JOPLIN — A new engineering study of the damage caused by the May 2011 tornado that struck Joplin found no evidence that it was an EF-5, as the National Weather Service found, because the city's homes and businesses weren't built to withstand wind speeds that strong, making such a determination impossible.
The study by the American Society of Civil Engineers found that more than 83 percent of the damage on May 22, 2011, was caused by winds of 135 mph or less, which is equal to the maximum wind speed of an EF-2 tornado, and that about 13 percent of the damage was caused by winds of 138-167 mph, consistent with an EF-3 tornado. Only 4 percent of the damage was indicative that it had been an EF-4 tornado, which can have winds speeds ranging from 168 to 199 mph, the report said.
The ASCE team also found that while the tornado's maximum wind speed was around 200 mph, there was no evidence of building damage from winds at 200 mph or greater, the minimum threshold for an EF-5. The ASCE investigators concluded it was impossible to find evidence of EF-5 ratings in the damage because none of the buildings met the high construction quality threshold required for determining that level of wind speed, The Joplin Globe reported Saturday.
The findings of the ASCE damage-assessment team are based on five days of surveying damage in more than 150 buildings in a six-mile segment of the tornado's Joplin path. The total tornado path was 22 miles. More than 7,000 structures were destroyed or badly damaged by the tornado, and 161 people were killed.
The ASCE findings, however, do not change the National Weather Service's classification of the Joplin tornado as an EF-5, with peak winds of 200-208 mph.
"This does not surprise me at all," said Bill Davis, head of the NWS station at Springfield. "There was only a very small area of EF-5 damage in Joplin. It is not easy to put a rating on these things. There is a bit of subjectivity. But we knew right off the bat that there was EF-4 damage. It took us longer to identify the EF-5 damage and that it would take winds of 200 mph to do that damage."

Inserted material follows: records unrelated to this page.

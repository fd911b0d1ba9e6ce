// Compares the two logs that its arguments name: prints `rest FIRST` or `rest SECOND` and an offset, or `refused`, a number, a record and an offset.
// What matters is in the crates below: main reads, compares and prints.
#![tactic(auto)]

ghost use Rattle.std.specs.Prelude.{◌≤◌, length, IfSome, IfOk};

use log_pairs::answer::Compared;
use std::io;
use std::io::{Print, Write};
use std::rt::{Env, Files};

// Reads a file into a buffer: how many bytes it has, as far as there is room.
fn read_file(rt: &impl Files, name: &[u8], log: &mut [u8]) -> io::Result<usize>
    ensures { IfOk result (λ n. n ≤ length log.new) }
{
    let mut file = reading::open(rt, name)?;
    let (n, read) = reading::read_full(&mut file, log);
    read?;
    Ok(n)
}

// Reads the file that an argument names, 65,537 bytes of one that has more than a log may have; or tells that it can't be read, and why.
fn load(rt: &(impl Env + Files), err: &mut impl Write, i: usize, log: &mut [u8]) -> Option<usize>
    ensures { IfSome result (λ n. n ≤ length log.new) }
{
    let mut name = [0u8; 4096];
    let length = rt.arg(i, &mut name).unwrap_or(0);
    match read_file(rt, &name[..length], log) {
        Ok(n) => Some(n),
        Err(error) => {
            let _ = reading::put(err, b"partlog: cannot read ");
            let _ = reading::fail(err, &name[..length], &error);
            None
        }
    }
}

// Prints what the comparison came to.
fn print_answer(to: &impl Print, compared: Compared) {
    let mut out = [0u8; 64];
    let put = log_pairs::text::answer(&mut out, compared);
    let Ok(n) = put else {
        return;
    };
    if n <= 64 {
        let _ = to.write_all(&out[..n]);
    }
}

fn main(rt: HostRuntime) {
    let mut err = rt.stderr();
    if reading::arg_count(&rt, 4) != 3 {
        let _ = reading::put(&mut err, b"usage: partlog FIRST SECOND\n");
        return;
    }
    let mut first = [0u8; 65537];
    let mut second = [0u8; 65537];
    let Some(n) = load(&rt, &mut err, 1, &mut first) else {
        return;
    };
    let Some(m) = load(&rt, &mut err, 2, &mut second) else {
        return;
    };
    print_answer(&rt, log_pairs::compare_inputs(&first[..n], &second[..m]));
}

The ASCE team also concluded that because the structures were so poorly built to withstand wind, flying debris from houses made damage worse and if the houses in the tornado zone had been built with hurricane ties the damage would have been less. Hurricane ties are metal clips that fasten the rafters and trusses to the exterior walls of a house.
"The study team believes that a relatively large number of buildings could have survived in Joplin if they had been built to withstand hurricane winds," said Bill Coulbourne, a member of the ASCE engineering team that went to Joplin. "They would not survive the winds of an EF-4 or EF-5 tornado, but they could survive lower wind speeds by using hurricane ties and by strapping the house to the foundation."
Steve Cope, the city's building inspector, recommended — and the Joplin City Council approved — the use of hurricane-clips on every rafter and truss in new post-tornado construction. The ASCE study recommends that practice be implemented throughout tornado-prone areas.
"You have to keep the roof on the house. If you don't, it won't hold together," Cope said.
He said the report builds a case for stronger construction codes. If the recommendations are incorporated into building codes, building design for wind resistance could be strengthened from the current maximum of 90 mph to 150 mph.
"It will cost more money to make these changes," said Davis, with the NWS. "But what's your life worth?"